Triangle GHI
is a right triangle. The length of one leg is 11 and the hypotenuse is 22. What is the length of the other leg? Round your answer to two decimal places.(1 point)
wrong
By using the Pythagorean theorem, we know that in a right triangle, the square of the length of the hypotenuse is equal to the sum of the squares of the lengths of the two legs. Let the length of the unknown leg be x.
So, using the given information, we can write the equation:
11^2 + x^2 = 22^2
121 + x^2 = 484
x^2 = 484 - 121
x^2 = 363
Taking the square root of both sides, we get:
x = √363
x ≈ 19.06
Therefore, the length of the other leg is approximately 19.06.
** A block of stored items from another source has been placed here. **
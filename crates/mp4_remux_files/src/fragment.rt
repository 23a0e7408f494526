//! The fragment in which a box is.

ghost use Rattle.std.specs.Prelude.{◌≡◌, IfOk, IfSome};
ghost use Rattle.mp4_remux_files.specs.Shifted.{base_of, based, fragment_after, implied_base, no_fragment};
ghost use Rattle.mp4_remux_files.specs.Shifted.{part_after, top_after};
ghost use Rattle.mp4_walk.specs.Source.{content_of};

use crate::numbers::{NoFields, is_flagged, number_at};
use mp4_frame::{FourCC, codes};
use mp4_walk::{BoxWalk, Source, TreeBox};
use std::alloc::Global;

/// The fragment in which a box is. Positions are in bytes from the front of the file.
#[derive(Clone, Copy, Debug, PartialEq, Eq)]
pub struct Fragment {
    /// The position of its `moof`, or `None` outside of fragments.
    pub moof: Option<u64>,
    /// The number of `traf`s up to the box.
    pub parts: u64,
    /// The position from which the offsets of its `traf` count, if it is known.
    pub base: Option<u64>,
}

/// Returns what is known of a fragment before it begins.
pub fn no_fragment() -> Fragment
    ensures { result ≡ no_fragment }
{
    Fragment {
        moof: None,
        parts: 0,
        base: None,
    }
}

/// Returns the fragment in which the boxes after `found`, a box of the top level, are.
fn top_after(found: &TreeBox) -> Fragment
    ensures { result ≡ top_after found.now }
{
    if found.has_code(FourCC::from(codes::MOOF)) {
        Fragment {
            moof: Some(found.position),
            parts: 0,
            base: None,
        }
    } else {
        no_fragment()
    }
}

/// Returns the fragment in which the boxes after `found` are, which is a child of a box of the top level. Returns
/// `None` after 2^64 - 1 parts.
fn part_after(fragment: Fragment, found: &TreeBox) -> Option<Fragment>
    ensures { IfSome result (λ f. f ≡ part_after fragment found.now) }
{
    if !found.has_code(FourCC::from(codes::TRAF)) {
        return Some(Fragment {
            moof: fragment.moof,
            parts: fragment.parts,
            base: None,
        });
    }
    match fragment.parts.checked_add(1) {
        Some(parts) => Some(Fragment {
            moof: fragment.moof,
            parts,
            base: None,
        }),
        None => None,
    }
}

/// Returns the base of the offsets of a `traf` of `fragment` with a `tfhd` without a base, whose second byte is
/// `second` (ISO/IEC 14496-12, 8.8.7).
fn implied_base(fragment: Fragment, second: u64) -> Option<u64>
    ensures { result ≡ implied_base fragment second }
{
    if second / 2 % 2 == 1 || fragment.parts == 1 {
        fragment.moof
    } else {
        None
    }
}

/// Returns the base of the offsets of a `traf` of `fragment` whose `tfhd` has the content `bytes`.
fn base_of(fragment: Fragment, bytes: &[u8]) -> Result<Option<u64>, NoFields>
    ensures { IfOk result (λ base. base ≡ base_of fragment bytes.now) }
{
    let Some(has_base) = is_flagged(bytes) else {
        return Err(NoFields::Unknown);
    };
    if has_base {
        return match number_at(bytes, 8, 8) {
            Some(base) => Ok(Some(base)),
            None => Err(NoFields::Unknown),
        };
    }
    match number_at(bytes, 1, 1) {
        Some(second) => Ok(implied_base(fragment, second)),
        None => Err(NoFields::Unknown),
    }
}

/// Returns `fragment` with the base of its `tfhd`, which is `found`.
fn based<S: Source>(
    alloc: Global,
    walk: &mut BoxWalk<S>,
    fragment: Fragment,
    found: &TreeBox,
) -> Result<Fragment, NoFields>
    ensures base { IfSome walk.old.bytes (λ B. IfOk result (λ f. f ≡ based fragment (content_of B found.now))) }
    ensures walk { walk.new ≡ walk.old }
{
    let bytes = match walk.read_content(alloc, found) {
        Ok(bytes) => bytes,
        Err(error) => return Err(NoFields::from(error)),
    };
    match base_of(fragment, bytes.as_slice()) {
        Ok(base) => Ok(Fragment {
            moof: fragment.moof,
            parts: fragment.parts,
            base,
        }),
        Err(fault) => Err(fault),
    }
}

/// Returns the fragment in which the boxes after `found` are. `found` is in `fragment`, or begins another one.
pub fn fragment_after<S: Source>(
    alloc: Global,
    walk: &mut BoxWalk<S>,
    fragment: Fragment,
    found: &TreeBox,
) -> Result<Fragment, NoFields>
    ensures after { IfSome walk.old.bytes
        (λ B. IfOk result (λ f. f ≡ fragment_after B fragment found.now)) }
    ensures walk { walk.new ≡ walk.old }
{
    if found.depth == 0 {
        return Ok(top_after(found));
    }
    if found.depth == 1 {
        return match part_after(fragment, found) {
            Some(part) => Ok(part),
            None => Err(NoFields::Unknown),
        };
    }
    if found.has_code(FourCC::from(codes::TFHD)) {
        return based(alloc, walk, fragment, found);
    }
    Ok(fragment)
}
In a right triangle, the Pythagorean theorem can be used to find the length of the missing side.
The Pythagorean theorem states that in a right triangle, the square of the length of the hypotenuse (c) is equal to the sum of the squares of the lengths of the other two sides (a and b).
Mathematically, this can be expressed as:
c^2 = a^2 + b^2
Given that the length of one leg (a) is 11 and the hypotenuse (c) is 22, we can substitute these values into the equation:
(22)^2 = (11)^2 + b^2
484 = 121 + b^2
Subtracting 121 from both sides:
363 = b^2
Taking the square root of both sides:
b = sqrt(363)
Using a calculator, we can find the approximate value of sqrt(363) to be approximately 19.06.
Therefore, the length of the other leg (b) is approximately 19.06, rounded to two decimal places.
To find the length of the other leg of a right triangle, we can use the Pythagorean theorem. The Pythagorean theorem states that in a right triangle, the square of the length of the hypotenuse (the side opposite the right angle) is equal to the sum of the squares of the lengths of the other two sides.
Let's label the legs of the right triangle as a and b, and the hypotenuse as c. In this case, we are given that one leg (b) is 11 and the hypotenuse (c) is 22.
Using the Pythagorean theorem, we can write the equation: a^2 + b^2 = c^2.
Substituting the given values, we get: a^2 + 11^2 = 22^2.
Simplifying further: a^2 + 121 = 484.
To solve for a, we subtract 121 from both sides of the equation: a^2 = 363.
Next, we take the square root of both sides to find the length of the other leg, a: a = sqrt(363).
Evaluating the square root, we find that a is approximately 19.07.
Therefore, the length of the other leg of the right triangle is approximately 19.07, rounded to two decimal places.